Start of Block
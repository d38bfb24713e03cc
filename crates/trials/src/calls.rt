//! Single calls of the lower crates.

use crate::call::Call;
use crate::page::Page;
use crate::plan::Plan;
use crate::stopped::{Done, Stopped};
use crate::{
    agendas, blocks, coordinators, devices, documents, generating, lists, machines, names,
    selections, small_area, streams,
};

/// Makes the calls that a word alone names.
fn make_all(page: &mut Page, word: &str) -> Done {
    let alloc = page.alloc();
    match word {
        "lists" => lists::show_lists(alloc, page),
        "machines" => machines::show_machines(alloc, page),
        "blocks" => blocks::show_blocks(alloc, page),
        "streams" => streams::show_streams(alloc, page),
        "maker" => devices::show_maker(page),
        "agendas" => agendas::show_agendas(alloc, page),
        "summary" => generating::show_summary(alloc, page),
        _ => Err(Stopped),
    }
}

/// Makes the calls of a line, whose word says what is called.
pub fn make(page: &mut Page, plan: &mut Plan, call: Call<'_>) -> Done {
    let (alloc, rest) = (page.alloc(), call.rest);
    match call.word {
        "state" => names::show_state(page, rest),
        "error" => names::show_error(page, rest),
        "device" => devices::show_device(page, plan, rest),
        "area" => small_area::show_area(page, plan, call),
        "coordinator" => coordinators::show_coordinator(alloc, page, rest),
        "scenario" => agendas::show_text(alloc, page, rest),
        "document" => documents::show_document(alloc, page, rest),
        "selection" => selections::show_selection(alloc, page, rest),
        "generated" => generating::show_generated(alloc, page, call.number(0)),
        word => make_all(page, word),
    }
}
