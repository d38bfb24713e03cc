//! Calls of a group.

ghost use Rattle.std.specs.Prelude.{◌<◌, length};

use crate::call::Call;
use crate::content::{buffer, filled_with};
use crate::making::may_cut;
use crate::page::Page;
use crate::stopped::{Done, Stopped};
use block_data::Payload;
use cow_volume::CowGroup;
use volume_device::MemDevice;

type Group = CowGroup<MemDevice>;

/// Reads a block of a volume, or of an image.
fn read(page: &mut Page, group: &mut Group, v: u32, set: Option<u32>, block: u32) -> Done
    requires { v < length group.old.area.volumes }
{
    let mut out = buffer(page.alloc())?;
    let read = group.read_into(v, set, block, out.bytes_mut());
    page.tell(&read.map(|()| filled_with(out.bytes())));
    Ok(())
}

/// Makes a call that looks at a volume, and says whether the word is of one.
fn looks(page: &mut Page, group: &Group, v: u32, call: Call<'_>) -> bool
    requires { v < length group.now.area.volumes }
{
    let (first, second) = (call.number(1), call.number(2));
    match call.word {
        "used_by" => page.tell(&group.used_by(v, first)),
        "used" => page.tell(&group.used(v)),
        "images" => page.tell(&group.images(v)),
        "lend-image" => {
            let lent = group.lend(v, Some(first), second);
            page.tell(&lent.map(|lent| lent.map(filled_with)));
        }
        _ if first >= group.blocks(v) => return false,
        "lend" => {
            let lent = group.lend(v, None, first).ok().flatten();
            page.tell(&lent.map(filled_with));
        }
        "up_to" => page.tell(&group.goes_up_to(v, first)),
        _ => return false,
    }
    true
}

/// Makes a call that reads or changes a volume.
fn change(page: &mut Page, group: &mut Group, v: u32, call: Call<'_>) -> Done
    requires { v < length group.old.area.volumes }
{
    let (first, second) = (call.number(1), call.number(2));
    match call.word {
        "read" => return read(page, group, v, None, first),
        "image" => return read(page, group, v, Some(first), second),
        "write" => page.tell(&group.write(v, first, &Payload::Fill(call.byte(2)))),
        "drop" => page.tell(&group.drop_image(v, first)),
        "revert" => page.tell(&group.revert(v, first)),
        "flush" => page.tell(&group.flush(v)),
        "cut" if may_cut(group.images(v), first) => page.tell(&group.cut(v, first)),
        _ => return Err(Stopped),
    }
    Ok(())
}

/// Makes a call of a volume of a group.
fn make_on(page: &mut Page, group: &mut Group, v: u32, call: Call<'_>) -> Done {
    if v >= group.volumes() {
        return Err(Stopped);
    }
    if looks(page, group, v, call) {
        return Ok(());
    }
    change(page, group, v, call)
}

/// Makes a call of a group.
pub fn make(page: &mut Page, group: &mut Group, call: Call<'_>) -> Done {
    match call.word {
        "used_all" => page.tell(&group.used_all()),
        "slots" => page.tell(&group.slots()),
        "sync" => page.tell(&group.sync()),
        _ => return make_on(page, group, call.number(0), call),
    }
    Ok(())
}
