use crate::stopped::{Done, Stopped};
use io_edge::{InSource, OutSink, read_all, write_all};
use std::alloc::Global;
use std::fmt::{Debug, Display};
use vss_names::Text;

/// The most bytes that are read.
const MOST_BYTES: usize = 67_108_864;

/// What calls answered, a line for each. If there is no memory for a line, it is left out, and the page is not whole.
#[derive(Drop)]
pub struct Page {
    alloc: Global,
    text: Text,
    is_whole: bool,
}

impl Page {
    /// A page without a line.
    pub fn new(alloc: Global) -> Page {
        Page {
            alloc,
            text: Text::new(alloc),
            is_whole: true,
        }
    }

    /// Where calls take their memory from.
    pub fn alloc(&self) -> Global {
        self.alloc
    }

    /// Adds a line of these bytes.
    pub fn say(&mut self, line: &[u8]) {
        if self.text.add(line).is_err() || self.text.add(b"\n").is_err() {
            self.is_whole = false;
        }
    }

    /// Adds a line of these bytes, behind what they are of.
    pub fn line(&mut self, what: &str, answer: &[u8]) {
        if self.text.add(what.as_bytes()).is_err() || self.text.add(b": ").is_err() {
            self.is_whole = false;
        }
        self.say(answer);
    }

    /// Adds a line of a value, as it is written for who looks for faults.
    pub fn tell<T: Debug>(&mut self, answer: &T) {
        match format!(in self.alloc; "{answer:?}") {
            Ok(text) => self.say(text.as_bytes()),
            Err(_) => self.is_whole = false,
        }
    }

    /// Adds such a line with the name of the call around the value.
    pub fn tell_of<T: Debug>(&mut self, name: &str, answer: &T) {
        match format!(in self.alloc; "{name}({answer:?})") {
            Ok(text) => self.say(text.as_bytes()),
            Err(_) => self.is_whole = false,
        }
    }

    /// Adds such a line behind what the value is of.
    pub fn show<T: Debug>(&mut self, what: &str, answer: &T) {
        match format!(in self.alloc; "{what}: {answer:?}") {
            Ok(text) => self.say(text.as_bytes()),
            Err(_) => self.is_whole = false,
        }
    }

    /// Adds a line of a value, as it is printed, behind what it is of.
    pub fn print<T: Display>(&mut self, what: &str, answer: &T) {
        match format!(in self.alloc; "{what}: {answer}") {
            Ok(text) => self.say(text.as_bytes()),
            Err(_) => self.is_whole = false,
        }
    }

    /// The standard input.
    pub fn input(rt: &HostRuntime) -> Result<Text, Stopped> {
        match read_all(rt.alloc(), &mut InSource::new(rt.stdin()), MOST_BYTES) {
            Ok(text) => Ok(text),
            Err(_) => Err(Stopped),
        }
    }

    /// Writes the page to the standard output, and says whether all calls were made and each has its line.
    pub fn end(&self, rt: &HostRuntime, made: Done) -> Done {
        let written = write_all(&mut OutSink::new(rt.stdout()), self.text.bytes());
        if written.is_ok() && made.is_ok() && self.is_whole {
            return Ok(());
        }
        Err(Stopped)
    }
}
End of Block
EXERCISE GOAL
When the entries above are retyped, each line must stay exactly as it is.

WRITTEN ANSWER
repository d38bfb24713e03cc
filename crates/trials/src/calls.rt
//! Single calls of the lower crates.

use crate::call::Call;
use crate::page::Page;
use crate::plan::Plan;
use crate::stopped::{Done, Stopped};
use crate::{
    agendas, blocks, coordinators, devices, documents, generating, lists, machines, names,
    selections, small_area, streams,
};

/// Makes the calls that a word alone names.
fn make_all(page: &mut Page, word: &str) -> Done {
    let alloc = page.alloc();
    match word {
        "lists" => lists::show_lists(alloc, page),
        "machines" => machines::show_machines(alloc, page),
        "blocks" => blocks::show_blocks(alloc, page),
        "streams" => streams::show_streams(alloc, page),
        "maker" => devices::show_maker(page),
        "agendas" => agendas::show_agendas(alloc, page),
        "summary" => generating::show_summary(alloc, page),
        _ => Err(Stopped),
    }
}

/// Makes the calls of a line, whose word says what is called.
pub fn make(page: &mut Page, plan: &mut Plan, call: Call<'_>) -> Done {
    let (alloc, rest) = (page.alloc(), call.rest);
    match call.word {
        "state" => names::show_state(page, rest),
        "error" => names::show_error(page, rest),
        "device" => devices::show_device(page, plan, rest),
        "area" => small_area::show_area(page, plan, call),
        "coordinator" => coordinators::show_coordinator(alloc, page, rest),
        "scenario" => agendas::show_text(alloc, page, rest),
        "document" => documents::show_document(alloc, page, rest),
        "selection" => selections::show_selection(alloc, page, rest),
        "generated" => generating::show_generated(alloc, page, call.number(0)),
        word => make_all(page, word),
    }
}
repository d38bfb24713e03cc
//! Calls of a group.

ghost use Rattle.std.specs.Prelude.{◌<◌, length};

use crate::call::Call;
use crate::content::{buffer, filled_with};
use crate::making::may_cut;
use crate::page::Page;
use crate::stopped::{Done, Stopped};
use block_data::Payload;
use cow_volume::CowGroup;
use volume_device::MemDevice;

type Group = CowGroup<MemDevice>;

/// Reads a block of a volume, or of an image.
fn read(page: &mut Page, group: &mut Group, v: u32, set: Option<u32>, block: u32) -> Done
    requires { v < length group.old.area.volumes }
{
    let mut out = buffer(page.alloc())?;
    let read = group.read_into(v, set, block, out.bytes_mut());
    page.tell(&read.map(|()| filled_with(out.bytes())));
    Ok(())
}

/// Makes a call that looks at a volume, and says whether the word is of one.
fn looks(page: &mut Page, group: &Group, v: u32, call: Call<'_>) -> bool
    requires { v < length group.now.area.volumes }
{
    let (first, second) = (call.number(1), call.number(2));
    match call.word {
        "used_by" => page.tell(&group.used_by(v, first)),
        "used" => page.tell(&group.used(v)),
        "images" => page.tell(&group.images(v)),
        "lend-image" => {
            let lent = group.lend(v, Some(first), second);
            page.tell(&lent.map(|lent| lent.map(filled_with)));
        }
        _ if first >= group.blocks(v) => return false,
        "lend" => {
            let lent = group.lend(v, None, first).ok().flatten();
            page.tell(&lent.map(filled_with));
        }
        "up_to" => page.tell(&group.goes_up_to(v, first)),
        _ => return false,
    }
    true
}

/// Makes a call that reads or changes a volume.
fn change(page: &mut Page, group: &mut Group, v: u32, call: Call<'_>) -> Done
    requires { v < length group.old.area.volumes }
{
    let (first, second) = (call.number(1), call.number(2));
    match call.word {
        "read" => return read(page, group, v, None, first),
        "image" => return read(page, group, v, Some(first), second),
        "write" => page.tell(&group.write(v, first, &Payload::Fill(call.byte(2)))),
        "drop" => page.tell(&group.drop_image(v, first)),
        "revert" => page.tell(&group.revert(v, first)),
        "flush" => page.tell(&group.flush(v)),
        "cut" if may_cut(group.images(v), first) => page.tell(&group.cut(v, first)),
        _ => return Err(Stopped),
    }
    Ok(())
}

/// Makes a call of a volume of a group.
fn make_on(page: &mut Page, group: &mut Group, v: u32, call: Call<'_>) -> Done {
    if v >= group.volumes() {
        return Err(Stopped);
    }
    if looks(page, group, v, call) {
        return Ok(());
    }
    change(page, group, v, call)
}

/// Makes a call of a group.
pub fn make(page: &mut Page, group: &mut Group, call: Call<'_>) -> Done {
    match call.word {
        "used_all" => page.tell(&group.used_all()),
        "slots" => page.tell(&group.slots()),
        "sync" => page.tell(&group.sync()),
        _ => return make_on(page, group, call.number(0), call),
    }
    Ok(())
}
use crate::stopped::{Done, Stopped};
use io_edge::{InSource, OutSink, read_all, write_all};
use std::alloc::Global;
use std::fmt::{Debug, Display};
use vss_names::Text;

/// The most bytes that are read.
const MOST_BYTES: usize = 67_108_864;

/// What calls answered, a line for each. If there is no memory for a line, it is left out, and the page is not whole.
#[derive(Drop)]
pub struct Page {
    alloc: Global,
    text: Text,
    is_whole: bool,
}

impl Page {
    /// A page without a line.
    pub fn new(alloc: Global) -> Page {
        Page {
            alloc,
            text: Text::new(alloc),
            is_whole: true,
        }
    }

    /// Where calls take their memory from.
    pub fn alloc(&self) -> Global {
        self.alloc
    }

    /// Adds a line of these bytes.
    pub fn say(&mut self, line: &[u8]) {
        if self.text.add(line).is_err() || self.text.add(b"\n").is_err() {
            self.is_whole = false;
        }
    }

    /// Adds a line of these bytes, behind what they are of.
    pub fn line(&mut self, what: &str, answer: &[u8]) {
        if self.text.add(what.as_bytes()).is_err() || self.text.add(b": ").is_err() {
            self.is_whole = false;
        }
        self.say(answer);
    }

    /// Adds a line of a value, as it is written for who looks for faults.
    pub fn tell<T: Debug>(&mut self, answer: &T) {
        match format!(in self.alloc; "{answer:?}") {
            Ok(text) => self.say(text.as_bytes()),
            Err(_) => self.is_whole = false,
        }
    }

    /// Adds such a line with the name of the call around the value.
    pub fn tell_of<T: Debug>(&mut self, name: &str, answer: &T) {
        match format!(in self.alloc; "{name}({answer:?})") {
            Ok(text) => self.say(text.as_bytes()),
            Err(_) => self.is_whole = false,
        }
    }

    /// Adds such a line behind what the value is of.
    pub fn show<T: Debug>(&mut self, what: &str, answer: &T) {
        match format!(in self.alloc; "{what}: {answer:?}") {
            Ok(text) => self.say(text.as_bytes()),
            Err(_) => self.is_whole = false,
        }
    }

    /// Adds a line of a value, as it is printed, behind what it is of.
    pub fn print<T: Display>(&mut self, what: &str, answer: &T) {
        match format!(in self.alloc; "{what}: {answer}") {
            Ok(text) => self.say(text.as_bytes()),
            Err(_) => self.is_whole = false,
        }
    }

    /// The standard input.
    pub fn input(rt: &HostRuntime) -> Result<Text, Stopped> {
        match read_all(rt.alloc(), &mut InSource::new(rt.stdin()), MOST_BYTES) {
            Ok(text) => Ok(text),
            Err(_) => Err(Stopped),
        }
    }

    /// Writes the page to the standard output, and says whether all calls were made and each has its line.
    pub fn end(&self, rt: &HostRuntime, made: Done) -> Done {
        let written = write_all(&mut OutSink::new(rt.stdout()), self.text.bytes());
        if written.is_ok() && made.is_ok() && self.is_whole {
            return Ok(());
        }
        Err(Stopped)
    }
}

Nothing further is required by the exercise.